▶ _WHAT TO DO_:
Repeat exactly, and only, the lines from the one containing "at the end." through the last line of the data below.
--- START ---
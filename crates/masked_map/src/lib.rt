//! Maps from keys under one mask to values, small where the mask allows.
//!
//! # What?
//!
//! A lookup by masks takes the key of a packet under each of them, and looks it up in that mask's hash map. A whole key has
//! 176 bytes (`ovs_fields`), and to make, to hash and to compare such keys, and to fetch them from memory, is most of what
//! the lookup costs. Few masks need them: most have no bits of metadata and the registers, of the addresses of IPv6 and the
//! hardware addresses of ARP, nor of an inner tag, the *wide* fields here, and a key under such a mask is 0 there. Open
//! vSwitch has its flows and masks without what is 0 for the same reason (`miniflow` and `minimask` in lib/flow.h). Here
//! the other fields stand in 40 bytes, the *compact* ones. Since all keys of a map are under its mask, a map is of one of
//! two kinds, and that of a mask without bits of wide fields has compact keys only.
//!
//! # What is promised
//!
//! Contracts see a mask and a key as lists with a number for each field, as those of `ovs_fields` do, and of a map its mask,
//! `mask_of m`, its entries, `entries_of m`, and what stands at a key, `value_at m key` (specs/Maps.antt). Of which kind a
//! map is, none of them says.
//!
//! - `new` has the bits of a mask, and no entries. `add_mask_to` adds those bits to those of other masks, a `MaskUnion`,
//!   which `union_of` sees (specs/Unions.antt). `MaskUnion::of` begins with the bits of one mask, and `mask` has all of them.
//! - `get` is what stands at a key under the mask, and `get_exact` at a key as it is: nothing, if it has other bits. A
//!   `PacketKey` is a key for `get`.
//! - `insert` and `swap_remove` change what stands at a key under the mask, and give what stood there. At all others the
//!   same stands as before.
//! - `add_agreeing` finds the values at keys that agree with one on the bits of another mask, entry by entry.
//! - `reserve` makes room for a key, and changes nothing else. Only it and `add_agreeing` take memory, and so can fail:
//!   `insert` has to have room, if the key isn't there.
//!
//! # How
//!
//! The two kinds are an `IndexMap` by compact fields beside a mask of compact fields, and one by whole keys beside a whole
//! mask. `CompactMask::of` decides: it fails where a wide field has bits. Compact fields are equal exactly where the
//! whole keys would be, and feed a hash function what these would, so both kinds obey the same clauses.
//!
//! A packet's key is looked up under one mask after another, and is under most of them in no map. So a `PacketKey` has its
//! compact fields too, which are taken from all over the whole key once, and `get` masks 40 bytes by 40 others. It has them
//! in five words as well, those that they feed to a hash function (`KeyWords`), and so has a map its mask: the words of the
//! key under the mask are those of both, and-ed, and keys are equal where their words are. A map of one key compares these.
//!
//! Each map of more has a Bloom filter (`KeyFilter`), with one bit for the *mark* of a key, which is made of its words. So
//! no field is masked for it, and it takes a fraction of what the hash does. Where the bit isn't set, no key in the map is
//! this one (`RulesOut` in specs/Filters.antt), and nothing is hashed or compared. Of its bits at most one in eight is set,
//! so that it rules most keys out that aren't there; how many, nothing says. A key that goes leaves its bit behind. Where so
//! many are set, the filter is made anew from the keys that are there.
//!
//! The bits of compact masks are added to one another in 40 bytes too, and to a whole mask at the end.
//!
//! No call lends a value to be written: `get` reads one, and `insert` puts another in its place.
//!
//! # What it costs
//!
//! A look-up masks, hashes and compares one key, compact or whole; where a map has one key it hashes nothing, and nor does
//! it for a compact key that the filter rules out. `add_mask_to` reads 40 bytes of a compact mask, and 176 of a whole one. An
//! entry takes 40 bytes for a compact key, with one or two of the filter, and 176 for a whole one, beside the value, and the
//! place of it in a table of hashes. The order of the entries is that of their coming until one goes, whose place the last
//! one takes. `add_agreeing` goes over all of them.
//!
//! # What is left to others
//!
//! Which masks there are, and what stands at keys under them.
#![tactic(auto)]

mod compact_map;
mod compact_mask;
mod field_list;
mod fields;
mod index_map;
mod key_filter;
mod key_words;
mod map;
mod map_mask;
mod mask_union;
mod packet_key;

pub use map::MaskedMap;
pub use mask_union::MaskUnion;
pub use packet_key::PacketKey;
--- END ---
▶ _ANSWER TO THIS PROBLEM_:
//! The bits of compact masks are added to one another in 40 bytes too, and to a whole mask at the end.
//!
//! No call lends a value to be written: `get` reads one, and `insert` puts another in its place.
//!
//! # What it costs
//!
//! A look-up masks, hashes and compares one key, compact or whole; where a map has one key it hashes nothing, and nor does
//! it for a compact key that the filter rules out. `add_mask_to` reads 40 bytes of a compact mask, and 176 of a whole one. An
//! entry takes 40 bytes for a compact key, with one or two of the filter, and 176 for a whole one, beside the value, and the
//! place of it in a table of hashes. The order of the entries is that of their coming until one goes, whose place the last
//! one takes. `add_agreeing` goes over all of them.
//!
//! # What is left to others
//!
//! Which masks there are, and what stands at keys under them.
#![tactic(auto)]

mod compact_map;
mod compact_mask;
mod field_list;
mod fields;
mod index_map;
mod key_filter;
mod key_words;
mod map;
mod map_mask;
mod mask_union;
mod packet_key;

pub use map::MaskedMap;
pub use mask_union::MaskUnion;
pub use packet_key::PacketKey;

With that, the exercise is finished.